Com o advento da Lei 12.015/09 foram acrescentadas duas
novas causas de aumento de pena para o crime de estupro, nos
termos da redação do artigo 234 – A, III e IV, CP. A primeira causa
de aumento trata dos casos em que do estupro resulte gravidez,
quando o acréscimo será de metade. Já a segunda causa de aumento
refere-se à transmissão à vítima de doença sexualmente
transmissível de que o agente sabe ou deveria saber ser portador,
sendo o incremento da ordem de um sexto até a metade.
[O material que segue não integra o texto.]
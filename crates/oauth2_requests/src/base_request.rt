//! What every request to an endpoint holds.

ghost use Rattle.std.specs.Prelude.{◌≡◌, ◌++◌, ◌∷◌, [], Some, None, Err, IfOk, OnOk, OnErr};
ghost use Rattle.std.specs.Prelude.{List, ℕ, map, option_copied};
ghost use Rattle.std.specs.Iterator.{Drains, IsFinite};
ghost use Rattle.form_urlencoded.specs.Form.{pair_text};
ghost use Rattle.http_uri.specs.Uri.{SpellsNone};
ghost use Rattle.url.specs.Parts.{serialize};
ghost use Rattle.oauth2_wire.specs.Once.{SendsOnce};
ghost use Rattle.oauth2_form.specs.Params.{with_scope, with_scopes};
ghost use Rattle.oauth2_wire.specs.Reply.{answer_of};
ghost use Rattle.oauth2_wire.specs.Request.{IsRequestOf, view_of};
ghost use Rattle.oauth2_wire.specs.Texts.{param_bytes};
ghost use Rattle.oauth2_requests.specs.Base.{configuration_of};

use oauth2_form::ParamBuffer;
use oauth2_json::FromJson;
use oauth2_types::{ClientId, ClientSecret, Scope};
use oauth2_urls::RedirectUrl;
use oauth2_wire::{
    AuthType, HttpRequest, ParamText, ReplyRule, RequestFault, RequestTokenError, SyncHttpClient,
    endpoint_request_encoded, send_once,
};
use std::alloc::{AllocError, Global};
use std::marker::Model;
use url::Url;

/// What every request to an endpoint holds: the client, the added scopes and extra parameters, and
/// the rule for the Content-Type of its reply. Contracts see it as a `Base`.
#[derive(Debug)]
pub struct BaseRequest<'a> {
    auth_type: &'a AuthType,
    client_id: &'a ClientId,
    client_secret: Option<&'a ClientSecret>,
    buffer: ParamBuffer,
    reply_rule: ReplyRule,
}

impl Drop for BaseRequest<'_> {
    fn drop(self) {
        let BaseRequest {
            auth_type: _,
            client_id: _,
            client_secret: _,
            buffer: _,
            reply_rule: _,
        } = self;
    }
}

impl<'a> Model for BaseRequest<'a> {
    ghost use Rattle.std.specs.Prelude.{option_copied};
    ghost use Rattle.oauth2_requests.specs.Base.{Base};

    ghost Value = { Base };

    ghost view = { λ r. record {
      auth_type = r.auth_type.now;
      client_id = r.client_id.now;
      client_secret = option_copied r.client_secret;
      scope = r.buffer.scope;
      extra_params = r.buffer.extra_params;
      reply_rule = r.reply_rule;
    } };
}

impl<'a> BaseRequest<'a> {
    /// What every request of this client holds, with no scope and no extra parameter yet.
    /// `oauth2::Client` builds it; call `new` yourself if you keep your endpoints without a
    /// `Client`.
    pub fn new(
        alloc: Global,
        auth_type: &'a AuthType,
        client_id: &'a ClientId,
        client_secret: Option<&'a ClientSecret>,
        reply_rule: ReplyRule,
    ) -> Self
        ensures { result ≡ record {
          auth_type = auth_type.now;
          client_id = client_id.now;
          client_secret = option_copied client_secret.entry;
          scope = None;
          extra_params = [];
          reply_rule = reply_rule;
        } }
    {
        BaseRequest {
            auth_type,
            client_id,
            client_secret,
            buffer: ParamBuffer::new(alloc),
            reply_rule,
        }
    }

    /// The rule for the Content-Type of the reply.
    pub fn reply_rule(&self) -> ReplyRule
        ensures { result ≡ self.now.reply_rule }
    {
        self.reply_rule
    }

    pub(crate) fn add_scope(&mut self, scope: Scope) -> Result<(), AllocError>
        ensures { OnOk result (self.new ≡ record self.old {
          scope = Some (with_scope self.old.scope scope);
        }) }
    {
        self.buffer.add_scope(scope.as_str())?;
        Ok(())
    }

    pub(crate) fn add_scopes<I: IntoIterator<Item = Scope>>(
        &mut self,
        scopes: I,
    ) -> Result<(), AllocError>
        requires { (it : I.IntoIter) → I.into_iter_gives scopes it
            → I.IntoIter.can_next it × IsFinite (I.IntoIter.remaining it) }
        ensures { OnOk result ((it : I.IntoIter) × (added : List (List ℕ))
            × I.into_iter_gives scopes it × Drains I.IntoIter.next_gives it added
            × (self.new ≡ record self.old { scope = with_scopes self.old.scope added })) }
    {
        for scope in scopes {
            self.add_scope(scope)?;
        }
        Ok(())
    }

    /// Adds an extra parameter. If the request itself sends a parameter with that name, both are
    /// sent. If memory runs out, the request is unchanged.
    pub fn add_extra_param(
        &mut self,
        name: ParamText<'_>,
        value: ParamText<'_>,
    ) -> Result<(), AllocError>
        ensures ok { let added = (param_bytes name.entry, param_bytes value.entry) ∷ [] in
            OnOk result (self.new ≡ record self.old {
              extra_params = self.old.extra_params ++ added;
            }) }
        ensures err { OnErr result (self.new ≡ self.old) }
    {
        self.buffer.add_extra(name.as_str(), value.as_str())?;
        Ok(())
    }

    /// Builds the POST to an endpoint, with the own pairs of the request and its redirect URL. The
    /// error is `NotHttp` if the endpoint URL is not an HTTP target.
    pub fn prepare(
        &self,
        alloc: Global,
        url: &Url,
        redirect_url: Option<&RedirectUrl>,
        own_pairs: &[(&str, &str)],
    ) -> Result<HttpRequest, RequestFault>
        ensures ok { let redirect = option_copied redirect_url.entry in
            IfOk result (λ r. IsRequestOf
            (configuration_of self.now (map pair_text own_pairs.now) redirect)
            (serialize url.now) (view_of r)) }
        ensures not_http { result ≡ Err RequestFault.NotHttp → SpellsNone (serialize url.now) }
    {
        endpoint_request_encoded(
            alloc,
            self.auth_type,
            self.client_id,
            self.client_secret,
            &self.buffer,
            redirect_url,
            url,
            own_pairs,
        )
    }

    // Sends a prepared request once, and reads its reply by the rule of this request.
    pub(crate) fn send_once<C: SyncHttpClient, TE: FromJson, DO: FromJson>(
        &self,
        alloc: Global,
        prepared: Result<HttpRequest, RequestFault>,
        http_client: &mut C,
    ) -> Result<DO, RequestTokenError<C::Error, TE>>
        requires { C.is_ready http_client.old }
        ensures once { SendsOnce DO.meaning TE.meaning C.step
            (answer_of self.now.reply_rule DO.reading TE.reading)
            http_client.old prepared result http_client.new }
        ensures ready { C.is_ready http_client.new }
    {
        send_once(alloc, self.reply_rule, prepared, http_client)
    }
}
Neste trabalho será analisada especificamente a segunda figura
acima mencionada, especialmente no que se refere à transmissão da
AIDS como resultado de um crime de estupro.
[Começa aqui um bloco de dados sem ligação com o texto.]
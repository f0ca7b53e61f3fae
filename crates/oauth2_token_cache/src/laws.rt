//! Laws of a cache of keepers over many calls.

ghost use Rattle.lru_laws.specs.Runs.{EachKeyHasItsOwnValue, EachValueFoundWasLeft};

use lru_laws::{each_key_has_its_own_value, each_value_found_was_left};

/// The calls of each name are those of a keeper of its own: whatever happens under other names, a
/// keeper is as it was when it was put under its name, or as the last call under it left it.
pub fn each_name_has_its_own_keeper<K, N: Eq>()
    ensures { EachKeyHasItsOwnValue K N.eq }
{
    each_key_has_its_own_value::<N, K>()
}

/// After any calls the keeper of a name is as its last call left it, or it had to go.
pub fn each_keeper_found_was_left<K, N: Eq>()
    ensures { EachValueFoundWasLeft K N.eq }
{
    each_value_found_was_left::<N, K>()
}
Dentre as “doenças sexualmente transmissíveis” estão
certamente as chamadas “doenças venéreas” (v.g. cancros,
blenorragia etc.). No entanto, nem todas as “doenças sexualmente
transmissíveis” são venéreas. A hanseníase se transmite pela via
sexual, assim como a AIDS e nem uma nem outra são “doenças
venéreas”. Portanto, serve para a configuração da causa de aumento
do artigo 234 – A, IV, CP, tanto a transmissão de “doenças venéreas”
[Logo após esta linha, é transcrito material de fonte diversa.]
//! Tests of the URL of a login, and of what is stored of the login.

ghost use Rattle.std.specs.Prelude.{◌≡◌, None, IfOk};

use crate::support::{client, client_without_redirect};
use oauth2::{ParseCause, RedirectUrl, Scope};
use oauth2_openid_login::{
    OpenIdClient, OpenIdLogin, OpenIdLoginRequest, OpenIdLoginUrlFault, OpenIdProvider,
    RedirectIssuer,
};
use oauth2_tests_support::{
    check_debug, check_display, check_fault, check_text, check_written, read, text,
};
use rand_pcg::Pcg32;
use std::alloc::{AllocError, Global};
use std::test::Fail;
use std::time::Duration;

fn start(alloc: Global, client: &OpenIdClient) -> Result<OpenIdLoginRequest<'_>, AllocError>
    ensures { IfOk result (λ request. request.max_age ≡ None) }
{
    let provider = OpenIdProvider::new(
        "http://server.example.com",
        RedirectIssuer::InEachRedirect,
        Duration::from_secs(60),
    );
    OpenIdLogin::start(alloc, client, &provider, &mut Pcg32::new(42, 54))
}

// Checks that a login has this URL, and is stored as this text.
fn check_login(
    alloc: Global,
    request: OpenIdLoginRequest<'_>,
    url: &str,
    stored: &str,
) -> Result<(), Fail> {
    let (led, login) = request.url(alloc)?;
    check_text(led.as_str(), url)?;
    check_written(alloc, &login, stored)
}

// The state, the verifier and the nonce are those that a generator in Python draws.
#[test]
fn a_login_is_started(rt: HostRuntime) -> Result<(), Fail> {
    let alloc = rt.alloc();
    let client = client(alloc)?;
    let request = start(alloc, &client)?;
    check_debug(alloc, &request, "OpenIdLoginRequest([redacted])")?;
    check_login(
        alloc,
        request,
        "https://server.example.com/authorize?response_type=code&client_id=s6BhdRkqt3\
         &state=twJcoQn0R3swMx26k_LSgw&code_challenge=H7ZdcLcbjjOKQshuaEBh45jlXGBfQdZSXs7wHPjiPgQ\
         &code_challenge_method=S256&redirect_uri=https%3A%2F%2Fclient.example.org%2Fcb\
         &scope=openid&nonce=Jmh47R1EIjjXE6Eri4FbHA",
        "{\"client_id\":\"s6BhdRkqt3\",\"issuer\":\"http://server.example.com\",\
         \"issuer_in_each_redirect\":true,\"nonce\":\"Jmh47R1EIjjXE6Eri4FbHA\",\
         \"redirect_uri\":\"https://client.example.org/cb\",\"state\":\"twJcoQn0R3swMx26k_LSgw\",\
         \"token_url\":\"https://server.example.com/token\",\"verifier\":\"S3ikv25g7cuto8a_bf8vgVowH-aQSzj5_obbMvk1wB0\"}",
    )
}

// A login without a redirect URI has no URL (3.1.2.1). The error returns the login, so a redirect
// URI can be set after it.
#[test]
fn a_login_is_started_with_more(rt: HostRuntime) -> Result<(), Fail> {
    let alloc = rt.alloc();
    let client = client_without_redirect(alloc)?;
    let redirect = RedirectUrl::new(alloc, text(alloc, "https://app.example/cb")?)?;
    let request = start(alloc, &client)?
        .add_scope(Scope::new(text(alloc, "profile")?))?
        .add_scopes(Some(Scope::new(text(alloc, "email")?)))?
        .add_extra_param("prompt".into(), "consent".into())?
        .set_max_age(alloc, Duration::from_millis(3_600_999))?;
    let refused = request.url(alloc).err().ok_or("a URL")?;
    assert!(rt; refused.error == OpenIdLoginUrlFault::NoRedirectUri);
    check_display(alloc, &refused, "login has no redirect URI")?;
    check_debug(alloc, &refused, "OpenIdLoginUrlError([redacted])")?;
    check_login(
        alloc,
        refused.request.set_redirect_uri(&redirect),
        "https://server.example.com/authorize?response_type=code&client_id=s6BhdRkqt3\
         &state=twJcoQn0R3swMx26k_LSgw&code_challenge=H7ZdcLcbjjOKQshuaEBh45jlXGBfQdZSXs7wHPjiPgQ\
         &code_challenge_method=S256&redirect_uri=https%3A%2F%2Fapp.example%2Fcb\
         &scope=openid+profile+email&nonce=Jmh47R1EIjjXE6Eri4FbHA&prompt=consent&max_age=3600",
        "{\"client_id\":\"s6BhdRkqt3\",\"issuer\":\"http://server.example.com\",\
         \"issuer_in_each_redirect\":true,\"max_age\":3600,\
         \"nonce\":\"Jmh47R1EIjjXE6Eri4FbHA\",\
         \"redirect_uri\":\"https://app.example/cb\",\"state\":\"twJcoQn0R3swMx26k_LSgw\",\
         \"token_url\":\"https://server.example.com/token\",\"verifier\":\"S3ikv25g7cuto8a_bf8vgVowH-aQSzj5_obbMvk1wB0\"}",
    )
}

#[test]
fn a_login_is_stored(rt: HostRuntime) -> Result<(), Fail> {
    let alloc = rt.alloc();
    let stored =
        "{\"client_id\":\"c\",\"issuer\":\"i\",\"issuer_in_each_redirect\":false,\"max_age\":0,\
         \"nonce\":\"n\",\"redirect_uri\":\"https://app.example/cb\",\"state\":\"s\",\
         \"token_url\":\"https://as.example/token\",\"verifier\":\"v\"}";
    let login: OpenIdLogin = read(alloc, stored)?;
    check_written(alloc, &login, stored)?;
    check_debug(alloc, &login, "OpenIdLogin([redacted])")?;
    for (stored, member, cause) in [
        (
            r#"{"client_id":"c","issuer_in_each_redirect":false,
                "redirect_uri":"https://app.example/cb","token_url":"t","state":"s","verifier":"v"}"#,
            "nonce",
            ParseCause::Missing,
        ),
        (
            r#"{"client_id":"c","issuer_in_each_redirect":false,
                "redirect_uri":"https://app.example/cb","token_url":"t","nonce":"n","verifier":"v"}"#,
            "state",
            ParseCause::Missing,
        ),
        (
            r#"{"client_id":"c","issuer_in_each_redirect":false,
                "redirect_uri":"https://app.example/cb","token_url":"t","max_age":-1,"nonce":"n","state":"s","verifier":"v"}"#,
            "max_age",
            ParseCause::OutOfRange,
        ),
    ] {
        check_fault::<OpenIdLogin>(alloc, stored, member, cause)?;
    }
    Ok(())
}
como de outras “doenças sexualmente transmissíveis”, vez que as
primeiras são apenas uma espécie das segundas.
Em geral a conduta do agente poderá ser dolosa na transmissão
da doença, pois a lei prevê o caso em que o agente “sabe” que está
contaminado. Também poderá ser preterdolosa, já que há previsão
da expressão “deve saber”. Nessa situação o autor agiria com dolo no
antecedente (estupro) e culpa no consequente (transmissão da
doença).
Outra observação interessante é a de que a causa de aumento
de pena, de acordo com a dicção legal e até por questão de bom
senso, somente será aplicada quando a vítima do crime for
contaminada. Caso ocorra contaminação do próprio autor do crime de
estupro pela vítima por doença sexualmente transmissível, não será
viável a aplicação do aumento de pena em estudo, isso porque a
legislação é clara ao estabelecer a causa de aumento somente para
situações em que “o agente transmite à vítima doença sexualmente
transmissível”. Destaque - se que a solução legal é coerente, uma vez
que a contaminação do autor ocorrida durante sua própria conduta
criminosa já lhe pesa como uma espécie de pena natural, tornando a
reação penal desnecessária e até irrazoável.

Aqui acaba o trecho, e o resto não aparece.